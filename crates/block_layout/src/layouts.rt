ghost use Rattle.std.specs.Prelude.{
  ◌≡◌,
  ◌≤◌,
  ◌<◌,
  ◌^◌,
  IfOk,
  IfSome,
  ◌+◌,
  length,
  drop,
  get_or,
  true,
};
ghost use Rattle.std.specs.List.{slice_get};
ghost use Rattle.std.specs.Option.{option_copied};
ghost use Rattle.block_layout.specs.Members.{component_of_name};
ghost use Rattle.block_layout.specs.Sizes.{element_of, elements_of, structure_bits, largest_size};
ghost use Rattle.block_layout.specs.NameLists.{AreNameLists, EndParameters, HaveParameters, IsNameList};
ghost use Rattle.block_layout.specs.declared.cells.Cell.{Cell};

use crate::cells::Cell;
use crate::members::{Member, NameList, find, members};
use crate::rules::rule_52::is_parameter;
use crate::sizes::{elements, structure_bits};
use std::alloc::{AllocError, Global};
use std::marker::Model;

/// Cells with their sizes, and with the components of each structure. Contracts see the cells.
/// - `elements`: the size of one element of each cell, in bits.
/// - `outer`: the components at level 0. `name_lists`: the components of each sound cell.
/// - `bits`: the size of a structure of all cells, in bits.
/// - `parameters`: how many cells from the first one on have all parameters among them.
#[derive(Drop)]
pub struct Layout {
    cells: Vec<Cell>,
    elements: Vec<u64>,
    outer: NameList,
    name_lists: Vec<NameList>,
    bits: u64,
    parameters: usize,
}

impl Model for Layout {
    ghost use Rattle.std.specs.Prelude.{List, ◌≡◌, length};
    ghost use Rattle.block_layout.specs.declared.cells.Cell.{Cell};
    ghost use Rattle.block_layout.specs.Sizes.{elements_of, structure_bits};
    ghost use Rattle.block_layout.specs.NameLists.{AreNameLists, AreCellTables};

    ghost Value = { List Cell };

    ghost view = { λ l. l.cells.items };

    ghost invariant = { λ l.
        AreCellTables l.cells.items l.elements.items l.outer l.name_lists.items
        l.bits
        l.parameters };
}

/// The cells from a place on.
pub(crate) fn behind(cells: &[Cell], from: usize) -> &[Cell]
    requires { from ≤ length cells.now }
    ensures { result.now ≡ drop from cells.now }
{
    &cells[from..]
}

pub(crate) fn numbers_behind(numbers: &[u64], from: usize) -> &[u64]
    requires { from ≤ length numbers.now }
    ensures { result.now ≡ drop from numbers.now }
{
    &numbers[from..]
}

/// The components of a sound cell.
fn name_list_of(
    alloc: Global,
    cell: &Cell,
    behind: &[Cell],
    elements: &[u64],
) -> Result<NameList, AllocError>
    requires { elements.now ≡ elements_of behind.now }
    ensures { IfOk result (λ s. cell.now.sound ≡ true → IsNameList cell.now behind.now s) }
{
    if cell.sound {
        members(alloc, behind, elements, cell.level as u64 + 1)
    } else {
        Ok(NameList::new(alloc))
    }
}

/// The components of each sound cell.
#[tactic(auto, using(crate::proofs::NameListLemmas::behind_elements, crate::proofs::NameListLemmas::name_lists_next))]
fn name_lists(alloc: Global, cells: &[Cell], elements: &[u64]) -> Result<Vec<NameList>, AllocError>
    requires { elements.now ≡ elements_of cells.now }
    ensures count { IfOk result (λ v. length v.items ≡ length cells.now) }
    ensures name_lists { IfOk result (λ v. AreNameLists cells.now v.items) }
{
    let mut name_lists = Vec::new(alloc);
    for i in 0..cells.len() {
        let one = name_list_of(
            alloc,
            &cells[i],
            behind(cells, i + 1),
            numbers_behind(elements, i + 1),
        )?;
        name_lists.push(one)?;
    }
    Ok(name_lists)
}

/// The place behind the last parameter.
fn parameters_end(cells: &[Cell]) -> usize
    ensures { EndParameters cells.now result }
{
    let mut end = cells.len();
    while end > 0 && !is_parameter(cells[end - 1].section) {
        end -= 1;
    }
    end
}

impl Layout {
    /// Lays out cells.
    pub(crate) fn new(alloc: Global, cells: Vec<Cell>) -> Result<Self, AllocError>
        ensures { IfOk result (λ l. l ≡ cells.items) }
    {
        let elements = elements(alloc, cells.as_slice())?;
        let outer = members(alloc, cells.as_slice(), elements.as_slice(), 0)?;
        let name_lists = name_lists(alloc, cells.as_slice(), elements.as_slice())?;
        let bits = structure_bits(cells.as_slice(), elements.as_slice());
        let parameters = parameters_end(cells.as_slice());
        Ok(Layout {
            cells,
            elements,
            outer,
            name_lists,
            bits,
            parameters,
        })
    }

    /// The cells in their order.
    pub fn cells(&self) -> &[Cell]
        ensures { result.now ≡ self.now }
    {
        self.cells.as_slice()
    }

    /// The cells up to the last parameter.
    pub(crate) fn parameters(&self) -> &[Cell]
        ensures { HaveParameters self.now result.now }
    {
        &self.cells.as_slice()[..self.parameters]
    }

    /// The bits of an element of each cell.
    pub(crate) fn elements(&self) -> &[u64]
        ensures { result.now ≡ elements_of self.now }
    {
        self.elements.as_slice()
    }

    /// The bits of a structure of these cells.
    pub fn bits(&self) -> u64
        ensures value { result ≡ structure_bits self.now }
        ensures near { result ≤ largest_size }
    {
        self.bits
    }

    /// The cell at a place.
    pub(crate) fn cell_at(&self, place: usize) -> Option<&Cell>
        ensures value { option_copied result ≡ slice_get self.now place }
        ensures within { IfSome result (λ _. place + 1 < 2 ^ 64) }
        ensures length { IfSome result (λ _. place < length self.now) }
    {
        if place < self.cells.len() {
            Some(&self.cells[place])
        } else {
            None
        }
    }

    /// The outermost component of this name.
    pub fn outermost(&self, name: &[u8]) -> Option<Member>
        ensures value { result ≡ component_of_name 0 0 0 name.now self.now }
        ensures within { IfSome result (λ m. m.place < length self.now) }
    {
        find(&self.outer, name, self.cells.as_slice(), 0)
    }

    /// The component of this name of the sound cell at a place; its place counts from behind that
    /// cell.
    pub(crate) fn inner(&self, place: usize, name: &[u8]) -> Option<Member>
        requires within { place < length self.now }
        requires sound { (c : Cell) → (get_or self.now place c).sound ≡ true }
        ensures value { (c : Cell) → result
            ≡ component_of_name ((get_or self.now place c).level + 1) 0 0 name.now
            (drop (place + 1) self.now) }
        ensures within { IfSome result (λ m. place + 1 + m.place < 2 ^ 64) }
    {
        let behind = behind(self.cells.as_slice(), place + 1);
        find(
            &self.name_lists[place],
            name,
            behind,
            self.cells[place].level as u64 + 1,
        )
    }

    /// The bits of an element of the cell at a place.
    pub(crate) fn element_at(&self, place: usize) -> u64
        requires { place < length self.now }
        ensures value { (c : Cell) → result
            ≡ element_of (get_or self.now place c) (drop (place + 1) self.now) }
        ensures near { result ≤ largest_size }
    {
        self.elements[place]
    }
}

--

Problem requirements -
Your task is to copy every line in the entries that holds the string "IfOk".

Answer to the problem -
  IfOk,
    ensures { IfOk result (λ s. cell.now.sound ≡ true → IsNameList cell.now behind.now s) }
    ensures count { IfOk result (λ v. length v.items ≡ length cells.now) }
    ensures name_lists { IfOk result (λ v. AreNameLists cells.now v.items) }
        ensures { IfOk result (λ l. l ≡ cells.items) }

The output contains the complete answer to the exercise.